The following research questions were formulated by the researcher to aid the completion of the study;

  1. Does crude oil pollution have any effect on environmental degradation?
  2. Is there any significant relationship between crude oil production, oil spillage and soil pollution?
  • Is there any relationship between crude oil pollution and sustainability of aquatic life?
  1. Does oil spillage hinders agricultural development in Akwa Ibom state?

The following research hypotheses were formulated by the researcher to aid the completion of the study;

H0: There is no significant relationship between crude oil production, oil spillage and soil pollution

H1: There is a significant relationship between crude oil production, oil spillage and soil pollution

H0: There is no relationship between crude oil pollution and sustainability of aquatic life

H2: There is a relationship between crude oil pollution and sustainability of aquatic life


It is believed that at the completion of this study, the findings will be of great importance to the state ministry of environment as the study stress the need to manage and control the negative effect of crude oil production in the study area. The study will also be of great importance to the multi-national corporations who indulge in crude oil production as the study stress the need for them to improve on their corporate social responsibilities to ameliorate the effect of oil pollution in the study area, the study will also be of importance to researcher who intend to embark on a study in a similar topic as the findings of the study will serve as a reference point to further studies. Finally, the study will be useful to student, teachers, lecturers, academias and the general public as the study will contribute to the pool of existing literature on the subject matter and also contribute to knowledge.



The scope of the study covers the effect of crude oil pollution on environmental sustainability in Akwa Ibom state. But in the course of the study, there were some factors that limit the scope of the study;

AVAILABILITY OF RESEARCH MATERIAL: The research material available to the researcher is insufficient, thereby limiting the study

TIME: The time frame allocated to the study does not enhance wider coverage as the researcher has to combine other academic activities and examinations with the study.

FINANCE: The finance available for the research work does not allow for wider coverage as resources are very limited as the researcher has other academic bills to cover.


Crude oil

Crude oil means a mixture of hydrocarbons that exists in liquid phase in natural underground reservoirs and remains liquid at atmospheric pressure after passing through surface separating facilities


Pollution is the introduction of contaminants into the natural environment that cause adverse change

Oil pollution

Contamination of any ecosystem, but usually of freshwater or marine ecosystems, by oil or other petroleum products.

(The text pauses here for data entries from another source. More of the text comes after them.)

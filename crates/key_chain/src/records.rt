//! Signers and keys that data of records hold.

ghost use Rattle.std.specs.Prelude.{◌≡◌, option_and_then, IfOk};
ghost use Rattle.key_chain.specs.Keys.{key_of, signer_of};
ghost use Rattle.key_chain.specs.Records.{is_dnskey, is_ds, is_malformed, is_numbered, is_word_of, key_in, octets_in, signer_in};

use crate::keys::{Key, Signer, key_of, signer_of};
use dns_data::{NoMemory, Octets, Rdata};
use kept_data::{kept_number, kept_octets};
use std::alloc::Global;

/// The number of the type of DS records (RFC 4034 section 5).
const DS: u16 = 43;

/// The number of the type of DNSKEY records (RFC 4034 section 2).
const DNSKEY: u16 = 48;

/// Whether the data are those of a DS record, in whatever form.
pub fn is_ds(rdata: &Rdata) -> bool
    ensures { result ≡ is_ds rdata.now }
{
    is_numbered(DS, rdata)
}

/// Whether the data are those of a DNSKEY record, in whatever form.
pub fn is_dnskey(rdata: &Rdata) -> bool
    ensures { result ≡ is_dnskey rdata.now }
{
    is_numbered(DNSKEY, rdata)
}

/// Whether the data are of the type with this number, which are kept as they were written.
fn is_numbered(number: u16, rdata: &Rdata) -> bool
    ensures { result ≡ is_numbered number rdata.now }
{
    match rdata {
        Rdata::Other { word, .. } => is_word_of(number, word.get()),
        _ => false,
    }
}

/// Whether the word is that of the type with this number.
fn is_word_of(number: u16, word: &Octets) -> bool
    ensures { result ≡ is_word_of number word.now }
{
    match kept_number(word.items()) {
        Some(own) => own == number,
        None => false,
    }
}

/// The octets of kept data of a type with this number, or `None` where they don't have their form.
fn octets_in(alloc: Global, number: u16, rdata: &Rdata) -> Result<Option<Octets>, NoMemory>
    ensures { IfOk result (λ octets. octets ≡ octets_in number rdata.now) }
{
    match rdata {
        Rdata::Other { tokens, .. } => kept_octets(alloc, number, tokens.items()),
        _ => Ok(None),
    }
}

/// The signer that a DS record's data hold, or `None` where they don't have their form (RFC 4034 section 5.3).
pub fn signer_in(alloc: Global, rdata: &Rdata) -> Result<Option<Signer>, NoMemory>
    ensures { IfOk result (λ signer. signer ≡ signer_in rdata.now) }
{
    let octets = octets_in(alloc, DS, rdata)?;
    signer_of_some(alloc, &octets)
}

/// The signer of octets, where there are some.
fn signer_of_some(alloc: Global, octets: &Option<Octets>) -> Result<Option<Signer>, NoMemory>
    ensures { IfOk result (λ signer. signer ≡ option_and_then signer_of octets.now) }
{
    match octets {
        Some(octets) => signer_of(alloc, octets.items()),
        None => Ok(None),
    }
}

/// The key that a DNSKEY record's data hold, or `None` where they don't have their form (RFC 4034 section 2.2).
pub fn key_in(alloc: Global, rdata: &Rdata) -> Result<Option<Key>, NoMemory>
    ensures { IfOk result (λ key. key ≡ key_in rdata.now) }
{
    let octets = octets_in(alloc, DNSKEY, rdata)?;
    key_of_some(alloc, &octets)
}

/// The key of octets, where there are some.
fn key_of_some(alloc: Global, octets: &Option<Octets>) -> Result<Option<Key>, NoMemory>
    ensures { IfOk result (λ key. key ≡ option_and_then key_of octets.now) }
{
    match octets {
        Some(octets) => key_of(alloc, octets.items()),
        None => Ok(None),
    }
}

/// Whether the data are those of a DS or DNSKEY record and don't have their form.
pub fn is_malformed(alloc: Global, rdata: &Rdata) -> Result<bool, NoMemory>
    ensures { IfOk result (λ malformed. malformed ≡ is_malformed rdata.now) }
{
    if is_ds(rdata) && signer_in(alloc, rdata)?.is_none() {
        return Ok(true);
    }
    Ok(is_dnskey(rdata) && key_in(alloc, rdata)?.is_none())
}
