//! Signers and keys, by the octets of their records.

ghost use Rattle.std.specs.Prelude.{◌≡◌, ◌≤◌, ◌<◌, ◌^◌, IfOk, length, true};
ghost use Rattle.key_chain.specs.Keys.{digest_length, folded_sum, has_flag, has_length, is_entry_point, is_known, is_strong, is_tried, is_zone_key, key_of, key_tag, key_within, modulus_tag, octet_sum, signer_of, weighted};

use dns_data::{NoMemory, Octets};
use std::alloc::Global;

/// A delegation's signer: the tag and the algorithm of a key, the type of the digest and the digest (RFC 4034 section 5.1).
#[derive(Debug, Drop)]
pub struct Signer {
    pub tag: u16,
    pub algorithm: u8,
    pub kind: u8,
    pub digest: Octets,
}

/// A zone's key: its flags, its protocol, its algorithm, its tag, and all octets of its data (RFC 4034 section 2.1).
#[derive(Debug, Drop)]
pub struct Key {
    pub flags: u16,
    pub protocol: u8,
    pub algorithm: u8,
    pub tag: u16,
    pub octets: Octets,
}

/// The most octets that data of a record have (RFC 1035 section 3.2.1).
const MOST_OCTETS: usize = 65_535;

/// The signer of these octets, or `None` where they don't have the form.
pub(crate) fn signer_of(alloc: Global, octets: &[u8]) -> Result<Option<Signer>, NoMemory>
    ensures { IfOk result (λ signer. signer ≡ signer_of octets.now) }
{
    match octets {
        [a, b, algorithm, kind, digest @ ..] if has_length(digest_length(*kind), digest) => {
            Ok(Some(Signer {
                tag: u16::from(*a) * 256 + u16::from(*b),
                algorithm: *algorithm,
                kind: *kind,
                digest: Octets::from_octets(alloc, digest)?,
            }))
        }
        _ => Ok(None),
    }
}

/// How many octets a digest of this type has, or `None` where the type isn't one that is looked at.
fn digest_length(kind: u8) -> Option<usize>
    ensures { result ≡ digest_length kind }
{
    match kind {
        1 => Some(20),
        2 => Some(32),
        4 => Some(48),
        _ => None,
    }
}

/// Whether a digest has this many octets, or some.
fn has_length(count: Option<usize>, digest: &[u8]) -> bool
    ensures { result ≡ has_length count digest.now }
{
    match count {
        Some(count) => digest.len() == count,
        None => !digest.is_empty(),
    }
}

/// The key of these octets, or `None` where they don't have the form.
pub(crate) fn key_of(alloc: Global, octets: &[u8]) -> Result<Option<Key>, NoMemory>
    ensures { IfOk result (λ key. key ≡ key_of octets.now) }
{
    match octets {
        [a, b, protocol, algorithm, _, ..] => {
            let flags = u16::from(*a) * 256 + u16::from(*b);
            key_within(alloc, flags, *protocol, *algorithm, octets)
        }
        _ => Ok(None),
    }
}

/// The key with these fields, if its octets may be data.
fn key_within(
    alloc: Global,
    flags: u16,
    protocol: u8,
    algorithm: u8,
    octets: &[u8],
) -> Result<Option<Key>, NoMemory>
    requires { 5 ≤ length octets.now }
    ensures { IfOk result (λ key. key ≡ key_within flags protocol algorithm octets.now) }
{
    if octets.len() > MOST_OCTETS {
        return Ok(None);
    }
    let tag = key_tag(algorithm, octets);
    Ok(Some(Key {
        flags,
        protocol,
        algorithm,
        tag,
        octets: Octets::from_octets(alloc, octets)?,
    }))
}

/// The tag of a key (RFC 4034 appendix B).
fn key_tag(algorithm: u8, octets: &[u8]) -> u16
    requires some { 5 ≤ length octets.now }
    requires few { length octets.now ≤ 65535 }
    ensures { result ≡ key_tag algorithm octets.now }
{
    if algorithm == 1 {
        modulus_tag(octets)
    } else {
        folded_sum(octet_sum(octets))
    }
}

/// The two octets before the last of a key of RSA with MD5 (RFC 4034 appendix B.1).
fn modulus_tag(octets: &[u8]) -> u16
    requires { 5 ≤ length octets.now }
    ensures { result ≡ modulus_tag octets.now }
{
    let count = octets.len();
    u16::from(octets[count - 3]) * 256 + u16::from(octets[count - 2])
}

/// The sum of the octets, every other one from the first on taken 256 times.
fn octet_sum(octets: &[u8]) -> u64
    requires { length octets.now ≤ 65535 }
    ensures value { result ≡ octet_sum true octets.now }
    ensures within { result < 2 ^ 40 }
{
    let mut sum: u64 = 0;
    let mut upper = true;
    for octet in octets {
        sum += weighted(upper, *octet);
        upper = !upper;
    }
    sum
}

/// An octet, taken 256 times if it is an upper one.
fn weighted(upper: bool, octet: u8) -> u64
    ensures value { result ≡ weighted upper octet }
    ensures within { result ≤ 65280 }
{
    if upper {
        u64::from(octet) * 256
    } else {
        u64::from(octet)
    }
}

/// The sum with its upper octets added.
fn folded_sum(sum: u64) -> u16
    requires { sum < 2 ^ 40 }
    ensures { result ≡ folded_sum sum }
{
    ((sum + sum / 65536 % 65536) % 65536) as u16
}

/// Whether the key is a zone's, and not revoked (RFC 4034 section 2.1, RFC 5011 section 2.1).
pub fn is_zone_key(key: &Key) -> bool
    ensures { result ≡ is_zone_key key.now }
{
    has_flag(256, key.flags) && !has_flag(128, key.flags) && key.protocol == 3
}

/// Whether the key is a secure entry point (RFC 4034 section 2.1.1).
pub fn is_entry_point(key: &Key) -> bool
    ensures { result ≡ is_entry_point key.now }
{
    has_flag(1, key.flags)
}

/// Whether the flag of this value is set.
fn has_flag(value: u16, flags: u16) -> bool
    requires { 0 < value }
    ensures { result ≡ has_flag value flags }
{
    flags / value % 2 == 1
}

/// Whether the type of the digest is SHA-256 or SHA-384.
pub fn is_strong(signer: &Signer) -> bool
    ensures { result ≡ is_strong signer.now }
{
    signer.kind == 2 || signer.kind == 4
}

/// Whether the signer is looked at, beside signers of which some or none has a stronger digest than SHA-1 (RFC 4509 section
/// 3).
pub fn is_tried(has_strong: bool, signer: &Signer) -> bool
    ensures { result ≡ is_tried has_strong signer.now }
{
    if has_strong {
        is_strong(signer)
    } else {
        is_known(signer)
    }
}

/// Whether the type of the digest is one of the three.
fn is_known(signer: &Signer) -> bool
    ensures { result ≡ is_known signer.now }
{
    signer.kind == 1 || is_strong(signer)
}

Environmental sustainability

Environmental sustainability is defined as responsible interaction with the environment to avoid depletion or degradation of natural resources and allow for long-term environmental quality


This research work is organized in five chapters, for easy understanding, as follows

Chapter one is concern with the introduction, which consist of the (overview, of the study), statement of problem, objectives of the study, research question, significance or the study, research methodology, definition of terms and historical background of the study. Chapter two highlight the theoretical framework on which the study its based, thus the review of related literature. Chapter three deals on the research design and methodology adopted in the study. Chapter four concentrate on the data collection and analysis and presentation of finding.  Chapter five gives summary, conclusion, and recommendations made of the study.